# Simple sandwich



## DEDGOOSE (Jan 19, 2007)

Was gonna do seafood Alfredo last night. I suggested cloning Mancinos seafood sub Sal's eyes lit up. She ran got everything we needed, toasted on ciabbetta with Swiss, onions and roasted redskins


----------



## zzcop302 (Jun 29, 2013)

DEDGOOSE said:


> Was gonna do seafood Alfredo last night. I suggested cloning Mancinos seafeed sub Sal's eyes lit up.

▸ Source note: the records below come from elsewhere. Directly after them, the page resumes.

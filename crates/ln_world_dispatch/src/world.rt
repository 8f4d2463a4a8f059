//! Nodes whose dispatchers call hooks.

ghost use Rattle.std.specs.Prelude.{◌≡◌, ◌++◌, ◌∷◌, [], OnOk, IfErr};
ghost use Rattle.ln_refusals.specs.declared.refusal.Refusal.TheVariants as refusal;
ghost use Rattle.ln_world_channels.specs.declared.line.Line.TheVariants as line;

use crate::hooks::Hooks;
use crate::nodes::Nodes;
use crate::step::Step;
use ln_hooks::{ChannelEvent, Serve};
use ln_keys::ChannelKeys;
use ln_refusals::Refusal;
use ln_world_channels::{Act, End, EndLine, Line, Node, Open};
use std::alloc::Global;

// What can't be done is told as such.
fn report_idle(lines: &mut Vec<Line>) -> Result<(), Refusal>
    ensures told { OnOk result (lines.new.items ≡ lines.old.items ++ line.Idle ∷ []) }
    ensures fails_for_memory_alone { IfErr result (λ e. e ≡ refusal.Memory) }
{
    lines.push(Line::Idle)?;
    Ok(())
}

/// Nodes, the channels between them, and the hooks that serve the channels' ends: each is called on every event of its
/// end from the one on that is next as it gets its slot, until its dispatcher begins anew.
#[derive(Drop)]
pub struct World<K: ChannelKeys + Copy, H: Serve> {
    /// Nodes with their channels, and what is written down of the dispatchers.
    pub state: Nodes<K>,
    /// The hooks that were handed in, each in the table of the epoch that it has a slot in.
    pub hooks: Hooks<H>,
}
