//! Laws of the order `any`, each on a function that does nothing but carry it.
ghost use Rattle.std.specs.Prelude.{List, ◌↔◌};
ghost use Rattle.check_watch.specs.Lawful.{IsLawfulGroup};
ghost use Rattle.check_watch.specs.Plan.{Plan, IsPlan, Sighting};
ghost use Rattle.check_watch_laws.specs.Crossed.{AreWatched};
ghost use Rattle.check_watch_laws.specs.Whenever.{AreFresh};
ghost use Rattle.check_order_laws.specs.Looser.{IsLooser, AreSoundSlaves, HaveByteLanes};
ghost use Rattle.check_order_laws.specs.Open.{DifferByAccept};

/// What is lawful by the orders of ports is lawful if nobody knows the order of some of them.
pub fn what_an_order_allows_any_allows()
    ensures { (loose strict : Plan) (past : List Sighting) → IsLooser loose strict → IsPlan strict → AreFresh strict
        → AreSoundSlaves strict → AreWatched strict.layout past → HaveByteLanes past → IsLawfulGroup strict past
        → IsLawfulGroup loose past }
{}

/// At ports where requests take effect as they are accepted, nothing is lost if nobody knows so, as long as no request is
/// contested: what is lawful then is lawful by the order of the port. So both orders mean the same there.
pub fn any_loses_nothing_uncontested()
    ensures accept { (loose strict : Plan) (past : List Sighting) → IsLooser loose strict → IsPlan strict → AreFresh strict
        → AreWatched strict.layout past → DifferByAccept loose strict past → IsLawfulGroup loose past
        → IsLawfulGroup strict past }
    ensures same { (loose strict : Plan) (past : List Sighting) → IsLooser loose strict → IsPlan strict → AreFresh strict
        → AreSoundSlaves strict → AreWatched strict.layout past → HaveByteLanes past
        → DifferByAccept loose strict past → (IsLawfulGroup loose past ↔ IsLawfulGroup strict past) }
{}
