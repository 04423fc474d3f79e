//! What the order `any` of a port costs, said of whole lists of beats: no false alarm, and no error is lost if no two
//! requests meet.
//!
//! The order of a port says when a request takes effect at its slave: as it is accepted, as it is answered, or at some moment
//! between the two that nobody knows. [`laws::what_an_order_allows_any_allows`]: beats that are lawful by one of the first two
//! are lawful by the third. [`laws::any_loses_nothing_uncontested`]: by the third no more beats are lawful than by the first,
//! if no two requests that are accepted and not answered have a byte in common that one of them may write.
//!
//! Nothing runs here. Read `specs/Looser.antt` first, and then `specs/Open.antt`. `docs/design/model.md`, "What the order `any`
//! costs", reads them aloud.
#![tactic(auto)]

pub mod laws;
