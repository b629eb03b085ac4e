// Bits in a byte, most significant first, and bytes as numbers: what fields are read and written by.
#![tactic(auto)]

ghost use Rattle.std.specs.Prelude.{◌≡◌, false, ◌+◌, ◌*◌, ◌<◌, ◌≤◌, length, get_or};
ghost use Rattle.bits.specs.Bits.{digit, bits};
ghost use Rattle.bits.specs.Field.{field_at, put_bits};

// Bit r of byte q, 0 or 1. It requires that there is such a bit, so that a loop over bits pays for no test.
pub fn bit(s: &[u8], q: usize, r: usize) -> u64
    requires { (q < length s.now) × (r < 8) }
    ensures { result ≡ digit (get_or (bits s.now) (8 * q + r) false) }
{
    (s[q] as u64 >> (7 - r)) & 1
}

// The n bits from bit r of byte q on, as a number: the part of a field that lies in that byte.
// It requires that they are there, so that a loop over the parts of a field pays for no test.
pub fn read_part(s: &[u8], q: usize, r: usize, n: usize) -> u64
    requires { (q < length s.now) × (r + n ≤ 8) }
    ensures { result ≡ field_at s.now (8 * q + r) n }
{
    numbers::low_bits(s[q] as u64 >> (8 - r - n), n)
}

// The n bits from bit r of byte q on become the low bits of v. It requires what `read_part` does, for the same reason.
pub fn write_part(s: &mut [u8], q: usize, r: usize, n: usize, v: u64)
    requires { (q < length s.old) × (r + n ≤ 8) }
    ensures { bits s.new ≡ put_bits s.old (8 * q + r) n v }
{
    let old = read_part(s, q, r, n);
    let new = numbers::low_bits(v, n);
    let weight = numbers::pow2(8 - r - n);
    s[q] = (s[q] as u64 - old * weight + new * weight) as u8;
}

fn wide(x: u8) -> u64
    ensures { result ≡ x }
{
    x as u64
}

// Eight bytes from byte `at` on as a number, the first byte highest. In this shape the compiler makes one load of them.
// It requires that they are there, so that code which has tested a length pays for no other test.
pub fn eight(s: &[u8], at: usize) -> u64
    requires { at + 8 ≤ length s.now }
    ensures { result ≡ field_at s.now (8 * at) 64 }
{
    (wide(s[at]) << 56)
        | (wide(s[at + 1]) << 48)
        | (wide(s[at + 2]) << 40)
        | (wide(s[at + 3]) << 32)
        | (wide(s[at + 4]) << 24)
        | (wide(s[at + 5]) << 16)
        | (wide(s[at + 6]) << 8)
        | wide(s[at + 7])
}
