//! The canonical text of a program.
#![tactic(auto)]

mod showing;

pub use showing::show;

She ran got everything we needed, toasted on ciabbetta with Swiss, onions and roasted redskins
> View attachment 476873


Looks great!!
Sal must have recovered from her flu!
Or your suggestion inspired a sudden recovery!


----------



## DEDGOOSE (Jan 19, 2007)

zzcop302 said:


> Looks great!!
> Sal must have recovered from her flu!
> Or your suggestion inspired a sudden recovery!


Thanks
And I poked the bear all day new year's day.


----------



## Honyuk96 (Nov 21, 2014)

Mancinos is THE best ! Your dish looks very good. Cheers


----------



## Petronius (Oct 13, 2010)

DEDGOOSE said:


> Was gonna do seafood Alfredo last night. I suggested cloning Mancinos seafood sub Sal's eyes lit up. She ran got everything we needed, toasted on ciabbetta with Swiss, onions and roasted redskins
> View attachment 476873


Give us a list of the sandwiches you are going to offer on your food truck. I hope the Cuban sandwich made the list, and a good Italian with capicola and genoa salami.


----------



## DEDGOOSE (Jan 19, 2007)

Petronius said:


> Give us a list of the sandwiches you are going to offer on your food truck. I hope the Cuban sandwich made the list, and a good Italian with capicola and genoa salami.


Will do for sure.. I'll post when we are rolling and venues.


----------